The court refused to add Curacao and the Kingdom of the Netherlands as judgment defendants, but it granted limited jurisdictional discovery to determine if the two countries qualified for immunity under the Foreign Sovereign Immunities Act (FSIA).

The Cubans had argued that Curacao and the Kingdom of the Netherlands had used assets in the United States to fund and operate Curacao Drydock's commercial activities, which were related to plaintiffs' claims, and therefore were not entitled to sovereign immunity.

Curacao and the Kingdom of the Netherlands asked the court to reverse its order granting jurisdictional discovery, but the court denied their motion and refused to stay the lawsuit pending appeal.

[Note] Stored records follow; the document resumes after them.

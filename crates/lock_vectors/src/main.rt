// Writes the permits of test locks, and writes a line for each: the permit's length, or `R` and the refusal's number; a sum of the whole room, which is lent with a pattern
// in it; and what the permit decides of a request over a bag, compiled under version 1 and then under version 2: the outcome and the policy's number, or `R` and the
// refusal's number.
#![tactic(auto)]

use packed::{Parts, for_each_vector};
use vectors::sum_of;

// The permit, compiled under a version, decides; the parts are the bag and the request's subject, action and resource.
fn decide<P: Print>(rt: &P, permit: &[u8], version: u64, mut parts: Parts<'_>) {
    let bag = parts.next_part();
    let subject = parts.next_part();
    let action = parts.next_part();
    let resource = parts.next_part();
    let mut table = [0u8; 65536];
    desk::desk_compile(permit, &mut table, version);
    let answer = desk::desk_decide(permit, &table, bag, subject, action, resource);
    let _ = if 0 < answer.refusal {
        print!(rt; "R {}", answer.refusal)
    } else {
        print!(rt; "{} {}", answer.outcome, answer.policy)
    };
}

// Writes a permit into the room that is lent, and has it decide over the parts that are left.
fn run<P: Print>(
    rt: &P,
    vocabulary: &[u8],
    lock: &[u8],
    actions: &[u8],
    resource: &[u8],
    room: &mut [u8],
    left: Parts<'_>,
) {
    vectors::fill(room);
    let answer = desk::desk_lock(vocabulary, lock, actions, resource, room);
    if 0 < answer.refusal {
        let _ = println!(rt; "R {} {}", answer.refusal, sum_of(room));
        return;
    }
    let _ = print!(rt; "{} {} ", answer.length, sum_of(room));
    if let Some(permit) = room.get(..answer.length) {
        decide(rt, permit, 1, left);
        let _ = print!(rt; " ");
        decide(rt, permit, 2, left);
        let _ = println!(rt);
    }
}

// One vector: a vocabulary, a lock, actions, a resource, the room's length, 0 where it has no two bytes, and the bag and the request.
fn vector<P: Print>(rt: &P, mut parts: Parts<'_>) {
    let vocabulary = parts.next_part();
    let lock = parts.next_part();
    let actions = parts.next_part();
    let resource = parts.next_part();
    let length = match parts.next_part().first_chunk() {
        Some(size) => usize::from(u16::from_le_bytes(*size)),
        None => 0,
    };
    let mut space = [0u8; 65536];
    run(
        rt,
        vocabulary,
        lock,
        actions,
        resource,
        &mut space[..length],
        parts,
    );
}

fn main(rt: HostRuntime) {
    for_each_vector(&mut rt.reader(), |parts| vector(&rt, parts));
}
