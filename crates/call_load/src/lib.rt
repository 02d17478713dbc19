// The call that loads a model: read and judged, stored in the rooms lent, and its values found.
#![tactic(auto)]

ghost use Rattle.std.specs.Prelude.{◌≡◌};
ghost use Rattle.rules.specs.Rooms.{rooms_with};
ghost use Rattle.rules.specs.Calls.{load, leaves};
ghost use Rattle.rules.specs.Answers.{says};

use limits::Lent;
use rules::{Refused, Session};

// A model loaded: refused where the reading refuses it, with the rooms left as they were; else its session, with the values
// found and the marks and the rooms to work in cleared.
// The rooms are parameters, as C lends them: behind a `&mut` to a struct of `&mut` slices the check covers no call that is lent two of them.
pub fn load(
    bytes: &[u8],
    labels: &mut [u32],
    equations: &mut [u32],
    values: &mut [u8],
    marks: &mut [u8],
    moves: &mut [u32],
    index: &mut [u16],
    queue: &mut [u16],
) -> Result<Session, Refused>
    ensures { leaves (says result) (rooms_with labels.new equations.new values.new marks.new moves.new index.new queue.new)
        ≡ load (rooms_with labels.old equations.old values.old marks.old moves.old index.old queue.old) bytes.now }
{
    let lent = Lent {
        labels: labels.len(),
        equations: equations.len(),
        values: values.len(),
        marks: marks.len(),
        moves: moves.len(),
        index: index.len(),
        queue: queue.len(),
    };
    let found = model_store::read_model(bytes, lent, labels, equations, moves)?;
    let sizes = found.sizes;
    let n = found.moves as usize;
    engine::load_values(
        sizes, labels, equations, moves, n, values, marks, index, queue,
    );
    let stamp = moves::stamp_of(&moves[..n]);
    Ok(Session {
        sizes,
        live: found.live,
        moves: found.moves,
        stamp,
    })
}
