//! Playing the tables of a file.

use crate::fault::RowsFault;
use crate::file::{Row, RowFile, Table};
use crate::kinds::Kind;
use crate::nodes::Nodes;
use crate::reports::Report;
use crate::texts::text_of;
use lab::LabStore;
use std::alloc::Global;

/// A question, with what its file says above it.
#[derive(Clone, Copy)]
pub struct Asked<'a> {
    /// Where answers lie.
    pub alloc: Global,
    /// The lines of the file's head.
    pub head: &'a [String],
    /// The rows above this one in its table.
    pub above: &'a [Row],
    /// What is asked.
    pub question: &'a [u8],
}

impl<'a> Asked<'a> {
    /// Returns the question as text; one that is no text is empty.
    pub fn text(&self) -> &'a str {
        text_of(self.question)
    }
}

/// Plays the rows of a file, whose nodes have stores of one kind.
pub fn play_over<S: LabStore>(
    kind: Kind,
    name: &str,
    file: &RowFile,
    report: &mut Report,
) -> Result<(), RowsFault> {
    let mut nodes = Nodes::<S>::new(report.alloc);
    for table in &file.tables {
        nodes.begin();
        play_table(kind, name, &file.head, table, &mut nodes, report)?;
    }
    Ok(())
}

/// Plays the rows of a table.
fn play_table<S: LabStore>(
    kind: Kind,
    name: &str,
    head: &[String],
    table: &Table,
    nodes: &mut Nodes<S>,
    report: &mut Report,
) -> Result<(), RowsFault> {
    for (place, row) in table.rows.iter().enumerate() {
        let asked = Asked {
            alloc: report.alloc,
            head,
            above: table.rows.get(..place).unwrap_or(&[]),
            question: &row.question,
        };
        let mut got = String::new(report.alloc);
        answer(kind, nodes, asked, &mut got)?;
        report.compare(name, row, got.as_str(), table.is_wrong)?;
    }
    report.end(name, table.title.as_str())
}

/// Adds the answer to a question: of a refusal its word, of a fault its name.
fn answer<S: LabStore>(
    kind: Kind,
    nodes: &mut Nodes<S>,
    asked: Asked<'_>,
    out: &mut String,
) -> Result<(), RowsFault> {
    match kind.answer(nodes, asked, out) {
        Ok(()) | Err(RowsFault::Named) => Ok(()),
        Err(RowsFault::Refused(word)) => {
            out.clear();
            out.push_str(word)?;
            Ok(())
        }
        Err(fault) => Err(fault),
    }
}
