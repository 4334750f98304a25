//! Rows on the bytes of requests that a client sends.

use crate::fault::{RowsFault, named};
use crate::pieces::{put_slow, put_stream};
use crate::playing::Asked;
use crate::texts::{first_word, put_text, spell, text_of, unescape};
use couch_http::{Cutter, Ending, Header, Request, request_bytes};
use http::Method;
use std::alloc::Global;
use std::fmt::Write;

/// `METHOD TARGET`, or `METHOD TARGET last`; the headers, one a line, as `NAME: VALUE`; and behind an
/// empty line the body. Each part may have escapes, and the first `?` parts the target.
/// The answer is the bytes that are sent, and below them `same` where a `Cutter` reads this very
/// request back, with the two headers that are added, else what it reads, as in `.stream`.
pub fn sent(asked: Asked<'_>, out: &mut String) -> Result<(), RowsFault> {
    let mut request = request_of(asked, out)?;
    let bytes = request_bytes(asked.alloc, &request)?;
    spell(&bytes, out)?;
    out.push('\n')?;
    add_headers(asked.alloc, &mut request)?;
    if is_read_back(asked.alloc, &request, &bytes)? {
        out.push_str("same")?;
        return Ok(());
    }
    let mut read = String::new(asked.alloc);
    put_stream(asked.alloc, &[&bytes], &mut read)?;
    put_slow(asked.alloc, &bytes, &mut read)?;
    out.push_str(read.as_str())?;
    Ok(())
}

/// Adds the two headers that are sent with each request: the host, and the length of the body.
fn add_headers(alloc: Global, request: &mut Request) -> Result<(), RowsFault> {
    let host = Header {
        name: Vec::from_slice(alloc, b"Host")?,
        value: Vec::from_slice(alloc, b"couchd")?,
    };
    request.headers.insert(0, host)?;
    let length = request.body.len();
    let length = Header {
        name: Vec::from_slice(alloc, b"Content-Length")?,
        value: format!(in alloc; "{length}")?.into_bytes(),
    };
    request.headers.push(length)?;
    Ok(())
}

/// Tells whether a cutter reads a request of bytes, and nothing else.
fn is_read_back(alloc: Global, request: &Request, bytes: &[u8]) -> Result<bool, RowsFault> {
    let ending = if request.last {
        Ending::Last
    } else {
        Ending::Open
    };
    match Cutter::new(alloc).feed(bytes) {
        Ok(cut) => match cut.requests.as_slice() {
            [read] => Ok(cut.ending == ending && are_same(alloc, request, read)?),
            _ => Ok(false),
        },
        Err(_) => Ok(false),
    }
}

/// Tells whether two requests are the same, part by part: what shows one spells all of its parts.
fn are_same(alloc: Global, one: &Request, other: &Request) -> Result<bool, RowsFault> {
    let mut shown = String::new(alloc);
    write!(shown, "{one:?}")?;
    let mut other_shown = String::new(alloc);
    write!(other_shown, "{other:?}")?;
    Ok(shown.as_str() == other_shown.as_str())
}

/// Returns the request of a question.
fn request_of(asked: Asked<'_>, out: &mut String) -> Result<Request, RowsFault> {
    let question = asked.text();
    let (head, body) = question.split_once("\n\n").unwrap_or((question, ""));
    let (line, lines) = head.split_once('\n').unwrap_or((head, ""));
    let mut request = line_of(asked.alloc, line, out)?;
    for line in lines.lines() {
        request.headers.push(header_of(asked.alloc, line)?)?;
    }
    unescape(body, &mut request.body)?;
    Ok(request)
}

/// Returns the request of a first line, without headers and without a body.
fn line_of(alloc: Global, line: &str, out: &mut String) -> Result<Request, RowsFault> {
    let (method, rest) = first_word(line);
    let (target, last) = first_word(rest);
    let method = named(Method::from_bytes(alloc, method.as_bytes()), out)?;
    let (path, query) = target.split_once('?').unwrap_or((target, ""));
    let mut request = Request {
        method,
        path: String::new(alloc),
        query: None,
        headers: Vec::new(alloc),
        body: Vec::new(alloc),
        last: last == "last",
    };
    put_part(alloc, path, &mut request.path)?;
    if path.len() < target.len() {
        let mut part = String::new(alloc);
        put_part(alloc, query, &mut part)?;
        request.query = Some(part);
    }
    Ok(request)
}

/// Adds the text that a part with escapes spells.
fn put_part(alloc: Global, part: &str, out: &mut String) -> Result<(), RowsFault> {
    let mut bytes = Vec::new(alloc);
    unescape(part, &mut bytes)?;
    put_text(&bytes, out)
}

/// Returns the header of a line: what stands before and behind its first `:` and a space.
fn header_of(alloc: Global, line: &str) -> Result<Header, RowsFault> {
    let Some((name, value)) = line.split_once(':') else {
        return Err(RowsFault::Refused("no header"));
    };
    let mut header = Header {
        name: Vec::new(alloc),
        value: Vec::new(alloc),
    };
    unescape(name, &mut header.name)?;
    unescape(value.strip_prefix(' ').unwrap_or(value), &mut header.value)?;
    Ok(header)
}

The countries renewed their request last month, but the plaintiffs opposed the stay, arguing that the appeal was frivolous.

Senior U.S. District Judge James Lawrence King agreed that the appeal was premature, because the court had yet to rule on the issue of sovereign immunity.

The judge noted that the court had limited discovery to evidence supporting an exception to the FSIA, as opposed to "general asset discovery," and thus had not infringed on the governments' presumed immunity.

The court has not decided whether it has jurisdiction over Curacao and the Kingdom of the Netherlands, the ruling states. King admonished the governments for failing to respond in a timely manner to the Cubans' motion for limited jurisdictional discovery, and noted that the court of appeals "looks disfavorably on 'defendants who abuse the pretrial process through such stalling.'"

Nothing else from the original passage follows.